Major Gregory Seese, Psy.D. is a US Army Psychological Operations Officer (PSYOP) currently serving as the PSYOP Division Chief in the United States Army Special Operations Command (USASOC) G39. He was previously assigned to the Office of Security Cooperation – Iraq (OSC-I) in support of Operation Inherent Resolve (OIR) as the Chief of Behavioral Sciences in the Tribal Engagement Coordination Cell (TECC). Major Seese is a licensed psychologist and has a Bachelor of Arts, Master of Science, and Doctorate in Psychology. He also earned a graduate certificate in Stability, Security, and Development in Complex Operations (SSDCO) from the Naval Post Graduate School.

Comments

Tom Triumph

Tue, 08/09/2016 - 11:42am

As civilian and military organizations move towards less deadly methods of control the temptation there is to use such methods more often, when not appropriate, or to willfully misuse them.

Soldiers or officers are more likely to be preventative and try negotiation, and less likely to fire into a crowd, when fatal force is the only option on the table. Note the rise of taser use in law enforcement. Having that option makes it easy to use in the moment, instead of thinking more about what leads up to that moment.

Like the taser, such non-lethal methods can also be overused, or misused. Officers in the US have been cited for using their taser too quickly, or administering shocks after a suspect has been subdued or administering repeated shocks. Tasers have also been used as punishment.

All of these instances have been perpetrated by good people, well trained, but caught in the moment. Because they had the tool, they acted. But, because they had the tool, they did not do what they could have leading up the moment, or weighed all of their options.

A democracy, which we desire here and abroad, needs to allow the greatest number of avenues for dissent and be tolerant of the greatest number of views. While that is not always possible, the lethal option forces players to think more about their actions before and during the moment.

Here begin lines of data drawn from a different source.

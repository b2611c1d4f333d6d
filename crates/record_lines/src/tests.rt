// That the definitions of a record say what its guide says.
ghost use Rattle.std.specs.Prelude.{◌<◌};

use super::*;
use ecam_io::{MemoryFile, MemoryShelf, Shelf};
use ecam_kinds::{Event, Key};
use std::alloc::{AllocError, Global};

// A shelf with one open file, which gives pieces of this size, and fails at the call of this number, from 1.
fn open_record(
    alloc: Global,
    text: &str,
    piece: usize,
    failing: u32,
) -> Result<MemoryShelf, AllocError>
    requires { 0 < piece }
{
    let mut files = Vec::new(alloc);
    files.push(MemoryFile {
        name: String::from_str(alloc, "record")?,
        bytes: text.as_bytes().to_vec(alloc)?,
    })?;
    let mut numbers = Vec::new(alloc);
    numbers.push(failing)?;
    let mut shelf = MemoryShelf::new(files, numbers, piece);
    let _ = shelf.open("record");
    Ok(shelf)
}

#[test]
fn answers(rt: HostRuntime) -> Result<(), AllocError> {
    let bad = |kind, line| Err(LineError::Record(RecordFault { kind, line }));
    let whole = "W 0 0000041d\nT\nE\n";
    for (text, limit, answer) in [
        ("", 99, bad(FaultKind::NoEnd, 1)),
        ("T", 99, bad(FaultKind::Cut, 1)),
        ("W 0 0000041d\nT\n", 99, bad(FaultKind::NoEnd, 3)),
        ("E\nT\n", 99, bad(FaultKind::AfterEnd, 2)),
        (
            "AAAAAAAAAAAAAAAAAAAAAAAAAAAAAAAAA",
            99,
            bad(FaultKind::Long, 1),
        ),
        (
            "AAAAAAAAAAAAAAAAAAAAAAAAAAAAAAAA\n",
            99,
            bad(FaultKind::Form, 1),
        ),
        ("T\nW 16 0000041d\n", 99, bad(FaultKind::Form, 2)),
        ("\n", 99, bad(FaultKind::Form, 1)),
        ("T\r\nE\n", 99, bad(FaultKind::Form, 1)),
        (whole, 17, Ok(Event::End)),
        (whole, 16, bad(FaultKind::Limit, 3)),
    ] {
        let mut shelf = open_record(rt.alloc(), text, 7, 0)?;
        let mut reader = LineReader::new(limit);
        let mut last = reader.next(&mut shelf);
        for _ in 0..2 {
            last = reader.next(&mut shelf);
        }
        assert_eq!(rt; last, answer, "{text}");
    }
    Ok(())
}

#[test]
fn forms(rt: HostRuntime) -> Result<(), AllocError> {
    let text = "W 15 0000041D\nR PG16\nP TOCFG\nF 2\nU 1\nE\n";
    let mut shelf = open_record(rt.alloc(), text, 4096, 0)?;
    let mut reader = LineReader::new(99);
    for event in [
        Event::Word {
            bus: 15,
            bits: 0x041d,
        },
        Event::Release(Key::Page(16)),
        Event::Press(Key::ToCfg),
        Event::Fail(2),
        Event::Up(1),
        Event::End,
    ] {
        // All lines come in one piece, and the end in another.
        let reads = matches!(event, Event::Word { .. } | Event::End);
        assert_eq!(rt; reader.reads_next(), reads);
        assert_eq!(rt; reader.next(&mut shelf), Ok(event));
    }
    assert!(rt; !reader.reads_next());
    Ok(())
}

#[test]
fn pieces(rt: HostRuntime) -> Result<(), AllocError> {
    let text =
        "W 1 6bb80003\nT\nW 0 0000041d\nT\nW 1 e0000003\nT\nW 0 80000c1d\nT\nP CLR\nT\nP STS\nT\nP RCL\nT\nE\n";
    let events = [
        Event::Word {
            bus: 1,
            bits: 0x6bb8_0003,
        },
        Event::Tick,
        Event::Word {
            bus: 0,
            bits: 0x041d,
        },
        Event::Tick,
        Event::Word {
            bus: 1,
            bits: 0xe000_0003,
        },
        Event::Tick,
        Event::Word {
            bus: 0,
            bits: 0x8000_0c1d,
        },
        Event::Tick,
        Event::Press(Key::Clr),
        Event::Tick,
        Event::Press(Key::Sts),
        Event::Tick,
        Event::Press(Key::Rcl),
        Event::Tick,
        Event::End,
        Event::End,
    ];
    for piece in [1, 2, 3, 31, 4096] {
        // The second read fails, and the reader goes on after it.
        let mut shelf = open_record(rt.alloc(), text, piece, 3)?;
        let mut reader = LineReader::new(99);
        let mut failures = 0u8;
        for event in events {
            let mut answer = reader.next(&mut shelf);
            if answer == Err(LineError::Failed) {
                failures = failures.saturating_add(1);
                answer = reader.next(&mut shelf);
            }
            assert_eq!(rt; answer, Ok(event), "in pieces of {piece}");
        }
        assert_eq!(rt; failures, 1);
    }
    Ok(())
}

Lately in the militancy affected Kashmir Valley in India there was a wave of unrest post the killing of a 22 year old militant commander who had risen to fame on account of his good looks, ISIS style of videographed threat messages (given without masking his face) and his adroit use of social media.
The police forces in Kashmir used Pellet guns to quell the unrest since protests in Kashmir very quickly and often assume a hue of deadly violence. Use of these guns had been introduced in 2010 to reduce the fatalities among rioting supporters of militants.
However, this non lethal weapon resulted in a number of eye injuries on account of the large crowds on the streets including bystanders. Human nature being what it is, a dead rioter goes out of public gaze in a short time. If the number of fatalities is large then the media does not even publicise names. However young people sans their previous malevolent disposition and lying on a hospital bed with bandages over one/both eyes/bloodshot eyes lead to an outpouring of pity.
Consequently the Pellet Gun which was introduced in Kashmir with good intentions got demonized by local politicians, NGOs and the media.
While contemplating non lethal ways to deal with terrorism it is advisable to be aware of the visible impact of measures such as Transcranial Magnetic Stimulation (TMS). It should not happen that an effective weapon to use in Asymmetric /Irregular War becomes non-effective on account of public humanitarian perception. While the article conveys that there will be no visible effect but even a dazed individual being incoherent on TV can generate public pity and allegations of brutality.